But Royal had certainly raised the spectre of blood running in the streets once more. The stirring, uncompromising words of the anthem simply reinforced the possibility of this spectre becoming reality.

Hence the almost imperceptible wince on the face of the leader-to-be — there had, after all, been weeks of running battles between disaffected youth, mostly children of immigrants from West Africa and the Maghreb, which had set the suburbs on fire just two years before. Sarkozy was minister of the interior at the time.

I was sitting in a murky café in Johannesburg’s trendy Melville suburb as the final results came rolling in. There were four French people sitting at the same table — two men, who seemed to be real Caucasian Frenchmen, and two women, who happened to be of immigrant descent, from North and West Africa respectively.

They were all crying into their beer — a mixture of rage and self-pity. One of the women showed me a message that had just come through on her cellphone from her brother in Paris. ‘On est mort —” (we’re dead —), it said. That’s how seriously Sarkozy’s victory is being taken by the left.

Remarkably, the issue of immigration (which usually means invasion by illegal darkies, even in post-apartheid South Africa) is expected to be one of the main planks of Sarkozy’s national policy. Even though France, like many other parts of metropolitan Europe, has long crossed the line into rainbow nation status, the dark spectre of African immigration is still brandished as a hobgoblin at each election. And it’s a guaranteed vote catcher.

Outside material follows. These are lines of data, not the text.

// The same numbers where the caller has shown that the octets are there: one load and a byte swap each.
ghost use Rattle.std.specs.Prelude.{◌≡◌, ◌+◌, ◌≤◌, length, take, drop};
ghost use Rattle.octets.specs.Be.{be};

// The N octets at `at`.
fn octets<const N: usize>(s: &[u8], at: usize) -> [u8; N]
    requires { at + N ≤ length s.now }
    ensures { result ≡ take N (drop at s.now) }
{
    *s[at..at + N].as_array().unwrap()
}

pub fn u16_at(s: &[u8], at: usize) -> u16
    requires { at + 2 ≤ length s.now }
    ensures { result ≡ be 2 s.now at }
{
    u16::from_be_bytes(octets(s, at))
}

pub fn u32_at(s: &[u8], at: usize) -> u32
    requires { at + 4 ≤ length s.now }
    ensures { result ≡ be 4 s.now at }
{
    u32::from_be_bytes(octets(s, at))
}

pub fn u48_at(s: &[u8], at: usize) -> u64
    requires { at + 6 ≤ length s.now }
    ensures { result ≡ be 6 s.now at }
{
    let [a, b, c, d, e, f] = octets::<6>(s, at);
    u64::from_be_bytes([0, 0, a, b, c, d, e, f])
}

pub fn u64_at(s: &[u8], at: usize) -> u64
    requires { at + 8 ≤ length s.now }
    ensures { result ≡ be 8 s.now at }
{
    u64::from_be_bytes(octets(s, at))
}
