// A message put into its twenty words straight from octets that have been checked. Each word is stored before the next is
// read: twenty words that are first put together by value do not fit into registers.
ghost use Rattle.std.specs.Prelude.{◌≡◌, ◌++◌, ◌≤◌, length, take, drop};
ghost use Rattle.message.specs.Fields.{type_of, fixed_size, identity_at, stamp_of, header_of, announce_of, body_of, message_of};
ghost use Rattle.message_words.specs.Words.{pair_words, announce_words, resp_words, body_words, message_words};
ghost use Rattle.message_words.specs.Reading.{head_words};

use message::fields::{ANNOUNCE, DELAY_REQ, DELAY_RESP, FOLLOW_UP, SYNC};

// The type and the header, in the first nine words.
fn put_header(out: &mut [u64; 20], s: &[u8])
    requires { 34 ≤ length s.now }
    ensures { out.new ≡ head_words (type_of s.now) (header_of s.now) (drop 9 out.old) }
{
    out[0] = (s[0] % 16) as u64;
    out[1] = (s[0] / 16) as u64;
    out[2] = s[4] as u64;
    out[3] = octets::held::u16_at(s, 6) as u64;
    out[4] = octets::held::u64_at(s, 8);
    out[5] = octets::held::u64_at(s, 20);
    out[6] = octets::held::u16_at(s, 28) as u64;
    out[7] = octets::held::u16_at(s, 30) as u64;
    out[8] = words::word_of_i8(octets::signed8(s[33]));
}

// A body of two numbers.
fn put_pair(out: &mut [u64; 20], a: u64, b: u64)
    ensures { out.new ≡ take 9 out.old ++ pair_words a b }
{
    out[9] = a;
    out[10] = b;
    out[11] = 0;
    out[12] = 0;
    out[13] = 0;
    out[14] = 0;
    out[15] = 0;
    out[16] = 0;
    out[17] = 0;
    out[18] = 0;
    out[19] = 0;
}

// The timestamp of a Sync, a Delay_Req or a Follow_Up.
fn put_stamp(out: &mut [u64; 20], s: &[u8])
    requires { 44 ≤ length s.now }
    ensures { out.new ≡ take 9 out.old ++ pair_words (stamp_of s.now).seconds (stamp_of s.now).nanoseconds }
{
    put_pair(
        out,
        octets::held::u48_at(s, 34),
        octets::held::u32_at(s, 40) as u64,
    );
}

// The target of a Signaling.
fn put_target(out: &mut [u64; 20], s: &[u8])
    requires { 44 ≤ length s.now }
    ensures { out.new ≡ take 9 out.old ++ pair_words (identity_at s.now 34).clock (identity_at s.now 34).port }
{
    put_pair(
        out,
        octets::held::u64_at(s, 34),
        octets::held::u16_at(s, 42) as u64,
    );
}

// The body of a Delay_Resp: what a stamp has, and the requester.
fn put_resp(out: &mut [u64; 20], s: &[u8])
    requires { 54 ≤ length s.now }
    ensures { out.new ≡ take 9 out.old ++ resp_words (record { receive = stamp_of s.now; requester = identity_at s.now 44 }) }
{
    put_stamp(out, s);
    out[11] = octets::held::u64_at(s, 44);
    out[12] = octets::held::u16_at(s, 52) as u64;
}

// The body of an Announce.
fn put_announce(out: &mut [u64; 20], s: &[u8])
    requires { 64 ≤ length s.now }
    ensures { out.new ≡ take 9 out.old ++ announce_words (announce_of s.now) }
{
    out[9] = octets::held::u48_at(s, 34);
    out[10] = octets::held::u32_at(s, 40) as u64;
    out[11] = words::word_of_i16(octets::signed16(octets::held::u16_at(s, 44)));
    out[12] = s[47] as u64;
    out[13] = s[48] as u64;
    out[14] = s[49] as u64;
    out[15] = octets::held::u16_at(s, 50) as u64;
    out[16] = s[52] as u64;
    out[17] = octets::held::u64_at(s, 53);
    out[18] = octets::held::u16_at(s, 61) as u64;
    out[19] = s[63] as u64;
}

// The body by the type, behind the first nine words.
fn put_body(out: &mut [u64; 20], s: &[u8])
    requires { (44 ≤ length s.now) × (fixed_size (type_of s.now) ≤ length s.now) }
    ensures { out.new ≡ take 9 out.old ++ body_words (body_of s.now) }
{
    let kind = s[0] % 16;
    match kind {
        SYNC => put_stamp(out, s),
        DELAY_REQ => put_stamp(out, s),
        FOLLOW_UP => put_stamp(out, s),
        DELAY_RESP => put_resp(out, s),
        ANNOUNCE => put_announce(out, s),
        _ => put_target(out, s),
    }
}

// A message of a listed type whose fixed part is there, in twenty words.
pub fn put_message(out: &mut [u64; 20], s: &[u8])
    requires fact { fixed_size (type_of s.now) ≡ 0 → ⊥ }
    requires s_in_bounds { fixed_size (type_of s.now) ≤ length s.now }
    ensures { out.new ≡ message_words (message_of s.now) }
{
    put_header(out, s);
    put_body(out, s);
}
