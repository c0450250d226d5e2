#![tactic(auto)]
// Messages in twenty words, in the order of docs/VECTORS.md: nine for the header, type first, and eleven for the body; those
// that a type has no field for are zero. Into words, and out of them.
//
// A word that its field cannot hold is not the message's: `is_whole` tells, and writing refuses it with 18. Words that the type
// has no field for are not looked at.
ghost use Rattle.std.specs.Prelude.{◌≡◌, ◌+◌, ◌≤◌, length};
ghost use Rattle.rank.specs.Order.{same};
ghost use Rattle.message_words.specs.Words.{pair_words, announce_words, resp_words, body_words, message_words, stamp_of, identity_at, header_of, announce_of, body_of, message_of, is_whole};
ghost use Rattle.message_words.specs.Fits.{signed8_fits, signed16_fits, signed64_fits, header_fits, stamp_fits, announce_fits};

use identity::PortIdentity;
use message::fields::{Announce, Body, DelayResp, Header, Message, Timestamp};

pub mod answers;
pub mod reading;
pub mod straight;
pub mod writing;

// Two numbers, and zeros.
fn pair_words(a: u64, b: u64) -> [u64; 11]
    ensures { result ≡ pair_words a b }
{
    [a, b, 0, 0, 0, 0, 0, 0, 0, 0, 0]
}

// The body of a Delay_Resp.
fn resp_words(x: DelayResp) -> [u64; 11]
    ensures { result ≡ resp_words x }
{
    let t = x.receive;
    let p = x.requester;
    [
        t.seconds,
        t.nanoseconds as u64,
        p.clock,
        p.port as u64,
        0,
        0,
        0,
        0,
        0,
        0,
        0,
    ]
}

// The body of an Announce.
fn announce_words(a: Announce) -> [u64; 11]
    ensures { result ≡ announce_words a }
{
    let t = a.origin;
    let utc = words::word_of_i16(a.utc);
    [
        t.seconds,
        t.nanoseconds as u64,
        utc,
        a.priority1 as u64,
        a.class as u64,
        a.accuracy as u64,
        a.variance as u64,
        a.priority2 as u64,
        a.grandmaster,
        a.steps as u64,
        a.timesource as u64,
    ]
}

// The body of any message.
fn body_words(b: Body) -> [u64; 11]
    ensures { result ≡ body_words b }
{
    match b {
        Body::Sync(t) => pair_words(t.seconds, t.nanoseconds as u64),
        Body::DelayReq(t) => pair_words(t.seconds, t.nanoseconds as u64),
        Body::FollowUp(t) => pair_words(t.seconds, t.nanoseconds as u64),
        Body::DelayResp(r) => resp_words(r),
        Body::Announce(a) => announce_words(a),
        Body::Signaling(p) => pair_words(p.clock, p.port as u64),
    }
}

// A message in twenty words.
pub fn message_words(m: Message) -> [u64; 20]
    ensures { result ≡ message_words m }
{
    let h = m.header;
    let p = h.source;
    let body = m.body;
    let kind = layout::kind_of(body);
    let correction = octets::bits64(h.correction);
    let interval = words::word_of_i8(h.interval);
    let b = body_words(body);
    [
        kind as u64,
        h.transport as u64,
        h.domain as u64,
        h.flags as u64,
        correction,
        p.clock,
        p.port as u64,
        h.sequence as u64,
        interval,
        b[0],
        b[1],
        b[2],
        b[3],
        b[4],
        b[5],
        b[6],
        b[7],
        b[8],
        b[9],
        b[10],
    ]
}

// The timestamp that a body begins with.
fn stamp_of(w: &[u64; 20]) -> Timestamp
    ensures { result ≡ stamp_of w.now }
{
    Timestamp {
        seconds: w[9],
        nanoseconds: (w[10] % 0x1_0000_0000) as u32,
    }
}

// The identity in two words.
pub fn identity_at(w: &[u64; 20], at: usize) -> PortIdentity
    requires { at + 2 ≤ 20 }
    ensures { result ≡ identity_at w.now at }
{
    PortIdentity {
        clock: w[at],
        port: (w[at + 1] % 65536) as u16,
    }
}

// The header in the first nine words.
pub fn header_of(w: &[u64; 20]) -> Header
    ensures { result ≡ header_of w.now }
{
    Header {
        transport: (w[1] % 256) as u8,
        domain: (w[2] % 256) as u8,
        flags: (w[3] % 65536) as u16,
        correction: octets::signed64(w[4]),
        source: identity_at(w, 5),
        sequence: (w[7] % 65536) as u16,
        interval: octets::signed8((w[8] % 256) as u8),
    }
}

// The body of an Announce.
fn announce_of(w: &[u64; 20]) -> Announce
    ensures { result ≡ announce_of w.now }
{
    Announce {
        origin: stamp_of(w),
        utc: octets::signed16((w[11] % 65536) as u16),
        priority1: (w[12] % 256) as u8,
        class: (w[13] % 256) as u8,
        accuracy: (w[14] % 256) as u8,
        variance: (w[15] % 65536) as u16,
        priority2: (w[16] % 256) as u8,
        grandmaster: w[17],
        steps: (w[18] % 65536) as u16,
        timesource: (w[19] % 256) as u8,
    }
}

// The body of the type in the first word; a type that is not listed is none of these, and `is_whole` refuses it.
fn body_of(w: &[u64; 20]) -> Body
    ensures { result ≡ body_of w.now }
{
    let kind = w[0];
    match kind {
        0x0 => Body::Sync(stamp_of(w)),
        0x1 => Body::DelayReq(stamp_of(w)),
        0x8 => Body::FollowUp(stamp_of(w)),
        0x9 => Body::DelayResp(DelayResp {
            receive: stamp_of(w),
            requester: identity_at(w, 11),
        }),
        0xB => Body::Announce(announce_of(w)),
        _ => Body::Signaling(identity_at(w, 9)),
    }
}

// The message in twenty words.
pub fn message_of(w: &[u64; 20]) -> Message
    ensures { result ≡ message_of w.now }
{
    Message {
        header: header_of(w),
        body: body_of(w),
    }
}

// Whether two runs of words are the same.
pub fn are_same(a: &[u64], b: &[u64]) -> bool
    requires { length a.now ≡ length b.now }
    ensures { result ≡ same a.now b.now }
{
    a == b
}

// Whether a word is a signed octet.
fn signed8_fits(x: u64) -> bool
    ensures { result ≡ signed8_fits x }
{
    (x < 0x80) | (x >= 0xffff_ffff_ffff_ff80)
}

// Whether a word is a signed number of two octets.
fn signed16_fits(x: u64) -> bool
    ensures { result ≡ signed16_fits x }
{
    (x < 0x8000) | (x >= 0xffff_ffff_ffff_8000)
}

// Whether a word is a signed number of eight octets: every word is.
fn signed64_fits(x: u64) -> bool
    ensures { result ≡ signed64_fits x }
{
    true
}

// The words of a header within their fields; any word is a correction or a clock.
fn header_fits(w: &[u64; 20]) -> bool
    ensures { result ≡ header_fits w.now }
{
    let correction = signed64_fits(w[4]);
    let interval = signed8_fits(w[8]);
    (w[1] < 256)
        & (w[2] < 256)
        & (w[3] < 65536)
        & correction
        & (w[6] < 65536)
        & (w[7] < 65536)
        & interval
}

// The nanoseconds of a timestamp within four octets.
fn stamp_fits(w: &[u64; 20]) -> bool
    ensures { result ≡ stamp_fits w.now }
{
    w[10] < 0x1_0000_0000
}

// The words of an Announce's body within their fields.
fn announce_fits(w: &[u64; 20]) -> bool
    ensures { result ≡ announce_fits w.now }
{
    let stamp = stamp_fits(w);
    let utc = signed16_fits(w[11]);
    stamp
        & utc
        & (w[12] < 256)
        & (w[13] < 256)
        & (w[14] < 256)
        & (w[15] < 65536)
        & (w[16] < 256)
        & (w[18] < 65536)
        & (w[19] < 256)
}

// Whether words are those of the message that is read out of them, each number within its field. A type that is not listed has
// none.
pub fn is_whole(w: &[u64; 20]) -> bool
    ensures { result ≡ is_whole w.now }
{
    let header = header_fits(w);
    let kind = w[0];
    match kind {
        0x0 => header & stamp_fits(w),
        0x1 => header & stamp_fits(w),
        0x8 => header & stamp_fits(w),
        0x9 => header & stamp_fits(w) & (w[12] < 65536),
        0xB => header & announce_fits(w),
        0xC => header & (w[10] < 65536),
        _ => false,
    }
}
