// The item here, under the rules of a vocabulary. An element is judged before those inside it. `shapes` has the shapes of some
// that were judged, and from where on all elements of such a shape meet the clauses.
#[cycle(judge_item_judge_items)]
pub fn judge_item(
    v: &[u8],
    rules: &[Rule; 64],
    p: &[u8],
    here: Position,
    shapes: &mut [Known; 64],
) -> Judged
    requires { Remembered v.now shapes.old }
    ensures remembered { Remembered v.now shapes.new }
    ensures forward { (step_next (item_here p.now here.at)).at ≤ result.next.at }
    ensures judged { (D : Vocabulary) → Tabled v.now D rules.now → JudgesItem D p.now here.at result }
{
    let item = pages::item_here(p, here);
    let ItemHere::Element(e, start) = item else {
        return judge_leaf(item);
    };
    let mut strings = [0u8; 32];
    let named = read_attributes(p, start, &mut strings);
    let inside = named.next;
    let mut order = [Standing { first: 0, last: 0 }; 64];
    let list = judge_items(v, rules, p, inside, &mut order, shapes);
    let shape = Shape {
        names: named.names,
        contents: list.contents,
    };
    let rule = rules[e as usize];
    let outcome = outcome_of(v, rule, shape, &strings, &order, shapes);
    let wrong = match outcome {
        Some(breach) => Some(WrongElement {
            at: here.at,
            breach,
        }),
        None => list.wrong,
    };
    Judged {
        next: list.next,
        wrong,
    }
}

// The items from here on, up to what ends their list.
#[cycle(judge_item_judge_items)]
fn judge_items(
    v: &[u8],
    rules: &[Rule; 64],
    p: &[u8],
    here: Position,
    order: &mut [Standing; 64],
    shapes: &mut [Known; 64],
) -> Listed
    requires { (length order.old ≡ 64) × Remembered v.now shapes.old }
    ensures remembered { Remembered v.now shapes.new }
    ensures forward { here.at ≤ result.next.at }
    ensures judged { (D : Vocabulary) → Tabled v.now D rules.now → JudgesItems D p.now here.at result order.new }
{
    let mut place = here;
    let mut inside = Contents { set: 0, count: 0 };
    let mut wrong = None;
    loop {
        let item = pages::item_here(p, place);
        match item {
            ItemHere::Text(next) => {
                inside = add_content(order, inside, TEXT);
                place = next;
            }
            ItemHere::Gap(_, next) => {
                place = next;
            }
            ItemHere::Element(e, _) => {
                let judged = judge_item(v, rules, p, place, shapes);
                inside = add_content(order, inside, e);
                wrong = wrong.or(judged.wrong);
                place = judged.next;
            }
            ItemHere::Blank(next) => {
                place = next;
            }
            ItemHere::End(next) => {
                return Listed {
                    contents: inside.set,
                    next,
                    wrong,
                };
            }
        }
    }
}
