//! Events, which printers turn into text one at a time: the structure, and the values in it.

use entry_list::Entry;
use ext_bitmap::ranges::Range;
use ext_small::index_entry_offset_table::Offset;
use ext_small::resolve_undo::Stage;
use ext_untracked::{Directory, OidStat};
use index_parts::hash::ObjectId;

/// A field. Each printer has a table of names for fields.
#[derive(Clone, Copy)]
pub enum Key {
    // the index
    Version,
    Checksum,
    IsSparse,
    Entries,
    Tree,
    Link,
    ResolveUndo,
    Untracked,
    FsMonitor,
    HadOffsetTable,
    OffsetTable,
    HadEndOfIndexMarker,
    EndOfIndexMarker,
    // a directory of the cache tree extension (TREE)
    DirectoryName,
    DirectoryId,
    NumEntries,
    Children,
    // the link to a shared index
    SharedIndexChecksum,
    Bitmaps,
    Delete,
    Replace,
    // a bitmap
    NumBits,
    SetBits,
    IsMalformed,
    // a path that was in conflict
    ResolvedPath,
    Stages,
    // the untracked cache
    Identifier,
    DirFlags,
    ExcludeFilenamePerDir,
    InfoExclude,
    ExcludesFile,
    Directories,
    // a directory of the untracked cache
    UntrackedEntries,
    UntrackedName,
    SubDirectories,
    // the file system monitor
    NanosSince1970,
    Token,
    EntryDirty,
    // the end marker
    OffsetToExtensions,
    EndChecksum,
}

/// The type of the elements of an array.
#[derive(Clone, Copy)]
pub enum Item {
    /// A directory of the cache tree extension (TREE).
    Child,
    /// A path that was in conflict.
    ResolvedPath,
    /// The common ancestor's side of a conflict.
    Base,
    Ours,
    Theirs,
    /// A directory of the untracked cache.
    Directory,
    /// The name of an untracked file.
    UntrackedEntry,
    /// The index of a directory of the untracked cache.
    SubDirectory,
    /// A block of entries.
    Block,
}

/// The position of a value in the structure. Depth 0 is that of the members of the outermost object.
#[derive(Clone, Copy)]
pub enum Where {
    /// Not in an object or an array.
    Alone,
    /// A member of an object: its field, its depth, and its number among the members, counted from 0.
    Member(Key, u32, u32),
    /// An element of an array: its type, its depth, and its index, counted from 0.
    Element(Item, u32, usize),
}

/// A value.
#[derive(Clone, Copy)]
pub enum Datum {
    Number(u64),
    /// An id, or none.
    Id(Option<ObjectId>),
    /// Whether something holds.
    Answer(bool),
    /// A side of a conflict, or none.
    Side(Option<Stage>),
    /// A block of entries.
    Block(Offset),
    /// A number, or that it isn't known.
    Count(Option<u32>),
    /// No value.
    Absent,
    /// The part is there and malformed.
    Malformed,
}

/// A begin, a value or an end. If printers order the parts of something differently, it is one value: an entry, a file
/// of exclude patterns, and the facts about a directory of the untracked cache.
#[derive(Clone, Copy)]
pub enum Event<'a> {
    Value(Where, Datum),
    /// A text, which may be any bytes.
    Bytes(Where, &'a [u8]),
    /// Ranges of indices.
    Ranges(Where, &'a [Range]),
    /// An entry, its index among the entries, and its path.
    EntryAt(usize, &'a Entry, &'a [u8]),
    /// A file of exclude patterns, by its id and its stat, or none.
    ExcludeFile(Where, Option<&'a OidStat>),
    /// The first members of a directory's object: name, stat, exclude file, and whether it was only checked.
    DirectoryFacts(&'a Directory),
    BeginObject(Where),
    /// The begin of an object whose last member is an array, and the number of the array's elements.
    BeginCollection(Where, usize),
    EndObject(Where),
    /// The begin of an array, and the number of its elements.
    BeginArray(Where, usize),
    EndArray(Where),
    EndText,
}
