//! The events of an offset table and of an end marker.

ghost use Rattle.std.specs.Option.{option_map};
ghost use Rattle.view_events.specs.Event.{AddsEvents};
ghost use Rattle.view_events.specs.Marks.{end_events, table_events};

use crate::event::Datum::{Absent, Answer, Block, Id, Malformed, Number};
use crate::event::Event::{BeginArray, BeginObject, EndArray, EndObject, Value};
use crate::event::Where::{Element, Member};
use crate::event::{Item, Key};
use crate::printer::{Printer, Text};
use base_text::append::Appended;
use ext_small::index_entry_offset_table::Offset;
use ext_small::marks::EndMark;

/// Appends whether there is an offset table, and its content.
pub fn append_table<P: Printer>(text: &mut Text, had: bool, table: &Option<Vec<Offset>>) -> Appended
    ensures { AddsEvents P.spell result text.old text.new
        (table_events had (option_map (λ v. v.items) table.now)) }
{
    let at = Member(Key::OffsetTable, 0, 10);
    P::put(text, Value(Member(Key::HadOffsetTable, 0, 9), Answer(had)))?;
    if !had {
        return P::put(text, Value(at, Absent));
    }
    let Some(blocks) = table else {
        return P::put(text, Value(at, Malformed));
    };
    P::put(text, BeginArray(at, blocks.len()))?;
    for (place, block) in blocks.iter().enumerate() {
        P::put(text, Value(Element(Item::Block, 1, place), Block(*block)))?;
    }
    P::put(text, EndArray(at))
}

/// Appends whether there is an end marker, and its content.
pub fn append_end<P: Printer>(text: &mut Text, had: bool, mark: Option<EndMark>) -> Appended
    ensures { AddsEvents P.spell result text.old text.new (end_events had mark) }
{
    let at = Member(Key::EndOfIndexMarker, 0, 12);
    P::put(
        text,
        Value(Member(Key::HadEndOfIndexMarker, 0, 11), Answer(had)),
    )?;
    if !had {
        return P::put(text, Value(at, Absent));
    }
    let Some(mark) = mark else {
        return P::put(text, Value(at, Malformed));
    };
    let offset = Number(u64::from(mark.offset));
    text.put_all::<P>(&[
        BeginObject(at),
        Value(Member(Key::OffsetToExtensions, 1, 0), offset),
        Value(Member(Key::EndChecksum, 1, 1), Id(Some(mark.digest))),
        EndObject(at),
    ])
}
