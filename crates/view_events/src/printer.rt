//! Printers, which turn events into text.

ghost use Rattle.std.specs.Prelude.{List, ℕ, map};
ghost use Rattle.view_events.specs.Event.{Adds, Event, AddsEvents, event_of};

use crate::event::Event;
use base_text::append::Appended;

/// Text that wasn't written yet.
#[derive(Drop)]
pub struct Text {
    pub bytes: Vec<u8>,
}

/// Turns events into text, each after those before it. After an error the text may be empty.
pub trait Printer {
    // the text of an event
    ghost spell: { Event → List ℕ };

    /// Appends the text of an event.
    fn put(text: &mut Text, event: Event<'_>) -> Appended
        ensures { Adds result text.old.bytes text.new.bytes (spell (event_of event.entry)) };
}

impl Text {
    /// Appends the texts of events, one after another.
    #[inline(always)]
    pub fn put_all<P: Printer>(&mut self, events: &[Event<'_>]) -> Appended
        ensures { AddsEvents P.spell result self.old self.new (map event_of events.now) }
    {
        for event in events {
            P::put(self, *event)?;
        }
        Ok(())
    }
}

The French lefties at the table grind their teeth in frustration. ‘What’s his game?” they ask. ‘How can they justify chasing us out of France? It’s a question of chickens coming home to roost. If they didn’t want us to come to France, they shouldn’t have come to Africa in the first place. Now that they’ve sucked us dry and gone back home, where else do they expect us to run to when the going gets tough? We’re just as French as they are now.”

There was not exactly blood in the streets on the night of the announcement of Sarkozy’s triumph. But the youth were already out in the streets, randomly setting fire to cars, burning and looting, and playing dodge-the-teargas with the cops.

The polarisation is complete. The Sarkozy era has arrived. The bloody banners might yet be seen on the streets of Paris.